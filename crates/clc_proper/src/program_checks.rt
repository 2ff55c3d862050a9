//! Which functions and programs are proper.

ghost use Rattle.std.specs.Prelude.{◌≡◌, ◌↔◌, IsTrue, map};
ghost use Rattle.clc_proper.specs.Proper.{all, param_proper, param_step_proper, params_proper, returns_proper, function_proper, tree_proper};
ghost use Rattle.clc_tree.specs.SourceText.{IsProper};

use crate::checks::{is_optional, is_scalar};
use crate::statement_checks::{is_block, is_pointer};
use clc_tree::{Function, Kind, Param, ParamStep, Params, Returns, Tree};

fn is_param(param: &Param) -> bool
    ensures { result ≡ param_proper param.now }
{
    match param {
        Param::Value(constant, scalar, name) => {
            is_optional(Kind::Const, constant) && is_scalar(scalar) && Kind::Name.takes(name)
        }
        Param::Pointer(pointer, name) => is_pointer(pointer) && Kind::Name.takes(name),
    }
}

fn are_params(steps: &[ParamStep]) -> bool
    ensures { result ≡ all (map param_step_proper steps.now) }
{
    for step in steps {
        if !(Kind::Comma.takes(&step.comma) && is_param(&step.param)) {
            return false;
        }
    }
    true
}

fn is_params(params: &Option<Params>) -> bool
    ensures { result ≡ params_proper params.now }
{
    match params {
        None => true,
        Some(Params::Void(word)) => Kind::Void.takes(word),
        Some(Params::List(first, rest)) => is_param(first) && are_params(rest.as_slice()),
    }
}

fn is_returns(returns: &Returns) -> bool
    ensures { result ≡ returns_proper returns.now }
{
    match returns {
        Returns::Void(word) => Kind::Void.takes(word),
        Returns::Value(scalar) => is_scalar(scalar),
    }
}

fn is_function(function: &Function) -> bool
    ensures { result ≡ function_proper function.now }
{
    is_optional(Kind::Lead, &function.lead)
        && is_returns(&function.returns)
        && Kind::Name.takes(&function.name)
        && Kind::LeftParen.takes(&function.opening)
        && is_params(&function.params)
        && Kind::RightParen.takes(&function.closing)
        && is_block(&function.body)
}

fn is_tree(tree: &Tree) -> bool
    ensures { result ≡ tree_proper tree.now }
{
    for function in tree.functions.as_slice() {
        if !is_function(function) {
            return false;
        }
    }
    true
}

/// Whether each token is one that its place in the grammar takes, and levels and each `else` stand as the grammar asks.
/// Takes no memory.
pub fn proper(tree: &Tree) -> bool
    ensures { IsTrue result ↔ IsProper tree.now }
{
    is_tree(tree)
}
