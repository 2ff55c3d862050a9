//! Files of which one is longer than a limit, without its bytes.

use q_io::{Files, Got, Put};

/// One file, which is there for a read with this limit alone, and is longer than it.
#[derive(Drop)]
pub struct LongerFile<'a> {
    name: &'a str,
    limit: u64,
    over_long: u64,
    misses: u64,
}

impl<'a> LongerFile<'a> {
    pub fn new(name: &'a str, limit: u64) -> LongerFile<'a> {
        LongerFile {
            name,
            limit,
            over_long: 0,
            misses: 0,
        }
    }
}

impl Files for LongerFile<'_> {
    ghost use Rattle.std.specs.Prelude.{None};

    ghost state = { λ files. record {
      told = None;
      read_faults = 0;
      write_faults = 0;
      misses = files.misses;
      over_long = files.over_long;
      shortages = 0;
    } };

    fn read(&mut self, name: &str, limit: u64) -> Got {
        if name == self.name && limit == self.limit {
            self.over_long = self.over_long.saturating_add(1);
            Got::TooLong
        } else {
            self.misses = self.misses.saturating_add(1);
            Got::Missing
        }
    }

    fn write(&mut self, _name: &str, _bytes: &[u8]) -> Put {
        Put::Done
    }
}
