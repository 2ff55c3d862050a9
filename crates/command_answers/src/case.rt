//! A case: the files that are there before a command, and the command's words.

use crate::fault::RowFault;
use crate::longer::LongerFile;
use q_io::{MemFiles, MemSink, SureFiles, SureSink, Text};
use std::alloc::{AllocError, Global};
use std::collections::BTreeMap;
use vc4c_core::{code, run};

#[derive(Drop)]
pub struct Case {
    pub files: BTreeMap<String, Vec<u8>>,
    pub words: Vec<String>,
}

/// The numbers of the calls of the files, and of the pieces of the output, that fail.
#[derive(Drop)]
pub struct Faults {
    calls: Vec<u64>,
    pieces: Vec<u64>,
}

/// What a command left.
#[derive(Drop)]
pub enum Left {
    /// Files of which no call failed.
    Sure(SureFiles),
    /// Files of which some calls may have failed, and how many pieces came to the output.
    Failing { files: MemFiles, pieces: u64 },
    /// No files that are known.
    Unknown,
}

/// How a command ended.
#[derive(Drop)]
pub struct Outcome {
    pub status: u8,
    pub output: Vec<u8>,
    pub left: Left,
}

impl Outcome {
    /// The files that were left, where none of their calls failed.
    pub fn into_files(self) -> Option<SureFiles> {
        let Outcome { left, .. } = self;
        match left {
            Left::Sure(files) => Some(files),
            _ => None,
        }
    }
}

impl Left {
    /// The content of a file, None where there is none; no row may ask for one where the files aren't known.
    pub fn file(&self, name: &Text) -> Result<Option<&[u8]>, RowFault> {
        match self {
            Left::Sure(files) => Ok(files.file(name)),
            Left::Failing { files, .. } => Ok(files.file(name)),
            Left::Unknown => Err(RowFault::NoRow),
        }
    }
}

/// Reads `none`, or faults as `call 2, piece 0`.
pub fn faults_of(alloc: Global, text: &str) -> Result<Faults, RowFault> {
    let mut calls = Vec::new(alloc);
    let mut pieces = Vec::new(alloc);
    if text == "none" {
        return Ok(Faults { calls, pieces });
    }
    for fault in text.split(", ") {
        let (kind, number) = fault.split_once(' ').ok_or(RowFault::NoRow)?;
        match kind {
            "call" => calls.push(number.parse()?)?,
            "piece" => pieces.push(number.parse()?)?,
            _ => return Err(RowFault::NoRow),
        }
    }
    Ok(Faults { calls, pieces })
}

/// The words of a line, of which `""` is the empty one.
pub fn words_of(alloc: Global, line: &str) -> Result<Vec<String>, AllocError> {
    let mut words = Vec::new(alloc);
    for piece in line.split_whitespace() {
        let word = if piece == "\"\"" { "" } else { piece };
        words.push(String::from_str(alloc, word)?)?;
    }
    Ok(words)
}

/// Runs a command over files and an output that never fail.
pub fn run_over(
    alloc: Global,
    words: &[String],
    mut files: SureFiles,
) -> Result<Outcome, AllocError> {
    let mut out = SureSink::with(alloc);
    let status = run(alloc, words, &mut files, &mut out);
    Ok(Outcome {
        status: code(status),
        output: Vec::from_slice(alloc, out.taken())?,
        left: Left::Sure(files),
    })
}

impl Case {
    pub fn new(alloc: Global) -> Case {
        Case {
            files: BTreeMap::new(alloc),
            words: Vec::new(alloc),
        }
    }

    fn tree(&self, alloc: Global) -> Result<BTreeMap<Text, Vec<u8>>, AllocError> {
        let mut tree = BTreeMap::new(alloc);
        for (name, bytes) in self.files.iter() {
            tree.insert(
                Text::from_slice(alloc, name.as_bytes())?,
                Vec::from_slice(alloc, bytes)?,
            )?;
        }
        Ok(tree)
    }

    /// Runs the command over the files of the case.
    pub fn run(&self, alloc: Global) -> Result<Outcome, AllocError> {
        run_over(
            alloc,
            &self.words,
            SureFiles::with(alloc, self.tree(alloc)?),
        )
    }

    /// Runs the command where one file alone is there, and longer than a limit.
    pub fn run_longer(&self, alloc: Global, name: &str, limit: u64) -> Result<Outcome, AllocError> {
        let mut files = LongerFile::new(name, limit);
        let mut out = SureSink::with(alloc);
        let status = run(alloc, &self.words, &mut files, &mut out);
        Ok(Outcome {
            status: code(status),
            output: Vec::from_slice(alloc, out.taken())?,
            left: Left::Unknown,
        })
    }

    /// Runs the command over the files of the case where some calls fail.
    pub fn run_failing(&self, alloc: Global, faults: Faults) -> Result<Outcome, AllocError> {
        let mut files = MemFiles::with(alloc, self.tree(alloc)?, faults.calls);
        let mut out = MemSink::with(alloc, faults.pieces);
        let status = run(alloc, &self.words, &mut files, &mut out);
        Ok(Outcome {
            status: code(status),
            output: Vec::from_slice(alloc, out.taken())?,
            left: Left::Failing {
                files,
                pieces: out.calls(),
            },
        })
    }
}
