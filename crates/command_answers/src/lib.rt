//! What the commands answer to the lines of the files of rows. These functions stand in a library, so that they are proved once and not with each run of
//! the program that reads the files.
#![tactic(auto)]

pub use crate::fault::RowFault;
pub use crate::rows::Rows;
pub use crate::value::{Names, bytes_of};

mod answers;
mod case;
mod fault;
mod longer;
mod rows;
mod value;
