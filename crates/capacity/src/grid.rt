// The grid: vertex x + 26 y + 676 z at (x, y, z), and for each cube the six paths from its lowest to its highest vertex.
ghost use Rattle.std.specs.Prelude.{◌<◌};

use tables::layout::POINT;

pub fn vertices(coordinates: &mut [f64]) {
    for (v, at) in (0u32..17576).zip(coordinates.chunks_exact_mut(POINT)) {
        at[0] = (v % 26).into();
        at[1] = (v / 26 % 26).into();
        at[2] = (v / 676).into();
    }
}

// The element from vertex low by the steps a and b to the opposite vertex.
fn element(low: u32, a: u32, b: u32) -> [u32; 4]
    requires low_bound { low < 20000 }
    requires a_bound { a < 1000 }
    requires b_bound { b < 1000 }
{
    [low, low + a, low + a + b, low + 703]
}

// The steps of the six elements of a cube.
const STEPS: [(u32, u32); 6] = [(1, 26), (1, 676), (26, 1), (26, 676), (676, 1), (676, 26)];

pub fn elements(table: &mut [u32; 375000]) {
    for k in 0..93750u32 {
        let c = k / 6;
        let low = c % 25 + c / 25 % 25 * 26 + c / 625 * 676;
        let (a, b) = STEPS[(k % 6) as usize];
        let at = 4 * k as usize;
        table[at..at + 4].copy_from_slice(&element(low, a, b));
    }
}
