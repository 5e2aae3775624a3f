// A mesh near capacity: the Kuhn grid of 25 x 25 x 25 cubes, six elements each, opened and checked. Prints the counts, N, a checksum of colours and rows, and whether the tables are sound.
#![tactic(auto)]

use programs::lent::Tables;
use programs::show::YesNo;
use programs::sum::checksum;
use std::io;
use tables::layout::{RECORD, started};
use tables::refusal::Refusal;

mod grid;

// The largest first number of a record.
fn largest_first(records: &[u32]) -> u32 {
    records.iter().copied().step_by(RECORD).max().unwrap_or(0)
}

fn report(rt: &impl Print, t: &Tables) -> io::Result<()> {
    println!(rt; "vertices {}", t.counts.vertices)?;
    println!(rt; "rows {}", t.counts.rows)?;
    println!(rt; "N {}", largest_first(t.records))?;
    println!(rt; "colours {}", checksum(t.records))?;
    println!(rt; "elements {}", checksum(t.rows))?;
    let sound = soundness::check(t.points, t.records, t.rows, t.counts);
    println!(rt; "sound {}", YesNo(sound))
}

// Opens the grid into the lent tables. The lists that it is opened from lie in this frame, so that they are gone when the tables are checked: 8 MB of stack hold the tables with the one or the other, not with both.
#[inline(never)]
fn fill(t: &mut Tables) -> Result<(), Refusal> {
    let mut coordinates = [0.0f64; 52728];
    let mut elements = [0u32; 375000];
    grid::vertices(&mut coordinates);
    grid::elements(&mut elements);
    t.counts = opening::open(&coordinates, &elements, t.points, t.records, t.rows)?;
    Ok(())
}

// The tables as arrays: where a slice is asked for, `main` must prove the length of a list written out, and so long a one exhausts the prover's stack.
fn run(
    rt: &impl Print,
    points: &mut [f64; 60000],
    records: &mut [u32; 40000],
    rows: &mut [u32; 760000],
) -> io::Result<()> {
    let mut t = Tables {
        points,
        records,
        rows,
        counts: started(0, 0),
    };
    match fill(&mut t) {
        Ok(()) => report(rt, &t),
        Err(Refusal { cause, place }) => println!(rt;
            "refused {}\nplace {place}",
            u32::from(cause)
        ),
    }
}

fn main(rt: HostRuntime) -> io::Result<()> {
    let mut points = [1.0f64; 60000];
    let mut records = [1u32; 40000];
    let mut rows = [1u32; 760000];
    run(&rt, &mut points, &mut records, &mut rows)
}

**Work instructions**
When a line in the listing includes the word "layout", report that line in full.

**Solution**
use tables::layout::POINT;
use tables::layout::{RECORD, started};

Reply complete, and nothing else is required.